Start Date: 10/20/2023 6:00 PM (EST) / 20th October 2023 22:00 (UTC)

Finish Date: 10/23/2023 6:40 AM (EST) / 23rd October 2023 10:40 (UTC)

Description:

Partial to Major service disruption across multiple endpoints.

Impacted Services:

  1. Email2sms SMTP
  2. Email2sms Standard
  3. SNPP
  4. SMPP
  5. MT traffic

Impacted Customers:

  1. All customers of the mentioned services

Cause:

 On Friday, non-HTTP based services begun to fail to accept traffic consistently, this was due to a lack of resources on the host machines upon which the services run collectively. This issue was traced back to the SMSC endpoint consuming high amount of resource as a result of multiple connections spawning. The cause of this has been determined to be a result of a malfunction of a client of 2sms failing to connect to the endpoint and immediately attempting to reconnect. This resulted in a denial of service against the SMSC endpoint. 2sms operates redundant pairs of hosts for services however the issue spread to all available hosts.

 Detection:

 Our outsourced on-call team did not escalate customer raised issues to the appropriate department and we therefore did not receive notification of the ongoing incident.

 Corrective Actions:

 2sms investigated the metrics available to determine the cause of the resource consumption and proceeded to restart affected hosts and isolate the problematic SMSC endpoint so that other services could resume processing. Following that 2sms discovered the high amount of traffic and put in a block of the originating IP address. Once services had been confirmed resolved we engaged with the blocked client to raise awareness of the situation so that they could resolve their malfunctioning software.

Preventative actions:

2sms will be implementing multiple improvements on the SMSC endpoint such as preventing invalid connections, automatically blocking client connections that are excessive and isolating services to prevent cascading issues.

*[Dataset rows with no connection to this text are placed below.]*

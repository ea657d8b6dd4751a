//! The parts of a guarded word that are obeyed in a sample.
ghost use Rattle.std.specs.Prelude.{◌≡◌, IfOk, OnOk};
ghost use Rattle.overlap_sim.specs.Guarded.{due, obeyed};

use crate::fault::GuardFault;
use crate::guarded::{GuardedWord, Staged};
use lists::List;
use micro_image::{Enable, Enables, Issue, PortRegisters, Take, Takes, Word};
use std::alloc::Global;

/// A copy of an issue.
fn copy_of(alloc: Global, issue: &Issue) -> Result<Issue, GuardFault>
    ensures { IfOk result (λ copy. copy ≡ issue.now) }
{
    Ok(Issue {
        unit: issue.unit,
        op: issue.op,
        fmt: issue.fmt,
        arg: issue.arg,
        regs: PortRegisters::from_slice(alloc, issue.regs.as_slice())?,
    })
}

fn due_issues(
    alloc: Global,
    sample: usize,
    parts: &List<Staged<Issue>>,
) -> Result<List<Issue>, GuardFault>
    ensures { IfOk result (λ issues. issues ≡ due sample parts.now) }
{
    let mut issues = List::new(alloc);
    for staged in parts.iter() {
        if usize::from(staged.stage) <= sample {
            issues.push(copy_of(alloc, &staged.part)?)?;
        }
    }
    Ok(issues)
}

fn due_enables(
    alloc: Global,
    sample: usize,
    parts: &List<Staged<Enable>>,
) -> Result<Enables, GuardFault>
    ensures { IfOk result (λ enables. enables ≡ due sample parts.now) }
{
    let mut enables = Enables::new(alloc);
    for staged in parts.iter() {
        if usize::from(staged.stage) <= sample {
            enables.push(staged.part)?;
        }
    }
    Ok(enables)
}

fn due_takes(alloc: Global, sample: usize, parts: &List<Staged<Take>>) -> Result<Takes, GuardFault>
    ensures { IfOk result (λ takes. takes ≡ due sample parts.now) }
{
    let mut takes = Takes::new(alloc);
    for staged in parts.iter() {
        if usize::from(staged.stage) <= sample {
            takes.push(staged.part)?;
        }
    }
    Ok(takes)
}

/// What a machine obeys of the word in a sample.
pub(crate) fn obeyed(alloc: Global, sample: usize, word: &GuardedWord) -> Result<Word, GuardFault>
    ensures { IfOk result (λ obeyed_word. obeyed_word ≡ obeyed sample word.now) }
{
    Ok(Word {
        issues: due_issues(alloc, sample, &word.issues)?,
        enables: due_enables(alloc, sample, &word.enables)?,
        takes: due_takes(alloc, sample, &word.takes)?,
    })
}
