//! The edges of nodes.

ghost use Rattle.std.specs.Prelude.{◌≡◌, All, map, IfOk};
ghost use Rattle.flow_graph.specs.Private.Edges.{edge_by, HasNumber};
ghost use Rattle.flow_graph.specs.Private.Sites.{view_operand};

use crate::sites::Operand;
use crate::words::Words;
use signal_graph::{Edge, Edges};
use std::alloc::{AllocError, AllocFailed, Global};

/// The edge of an operand of a node of an element whose places begin at `first`.
fn edge_of(operand: Operand, first: usize, words: &Words, places: &[u32], elements: &[u32]) -> Edge
    requires { HasNumber words.now places.now elements.now first (view_operand operand) }
    ensures { result ≡ edge_by words.now places.now elements.now first (view_operand operand) }
{
    match operand {
        Operand::Number(word) => Edge {
            node: match words.get(word) {
                Some(node) => node,
                None => unreachable!(),
            },
            delay: 0,
        },
        Operand::Place(place) => Edge {
            node: places[first + place],
            delay: 0,
        },
        Operand::Element { elem, delay } => Edge {
            node: elements[elem as usize],
            delay,
        },
    }
}

/// The edges of the operands of such a node.
pub(crate) fn edges_of(
    alloc: Global,
    operands: &[Operand],
    first: usize,
    words: &Words,
    places: &[u32],
    elements: &[u32],
) -> Result<Edges, AllocError>
    requires { All (HasNumber words.now places.now elements.now first)
        (map view_operand operands.now) }
    ensures { IfOk result (λ edges. edges ≡ map
        (λ operand. edge_by words.now places.now elements.now first (view_operand operand))
        operands.now) }
{
    let mut edges = Edges::new(alloc);
    for operand in operands {
        edges.push(edge_of(*operand, first, words, places, elements))?;
    }
    Ok(edges)
}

We are no longer using an external on-call service as the primary point of contact and we are seeking alternative providers.

Internal audit:

The security incident has been fed into the ISMS and will be part of the review cycle documents for the August 2024 surveillance audit process.

External audit:

The security incident will be reported to the external accredited ISO27001:2013 auditor Certification Europe and will be part of the review cycle for the August 2024 surveillance audit process.

GDPR:

This incident did not compromise PII (Personally Identifiable Information).

Posted Oct 25, 2023 - 10:17 UTC

Resolved
Partial to Major service disruption across multiple endpoints impacting:
-Email2sms SMTP
-Email2sms Standard
-SNPP
-SMPP
-MT traffic
Posted Oct 23, 2023 - 11:45 UTC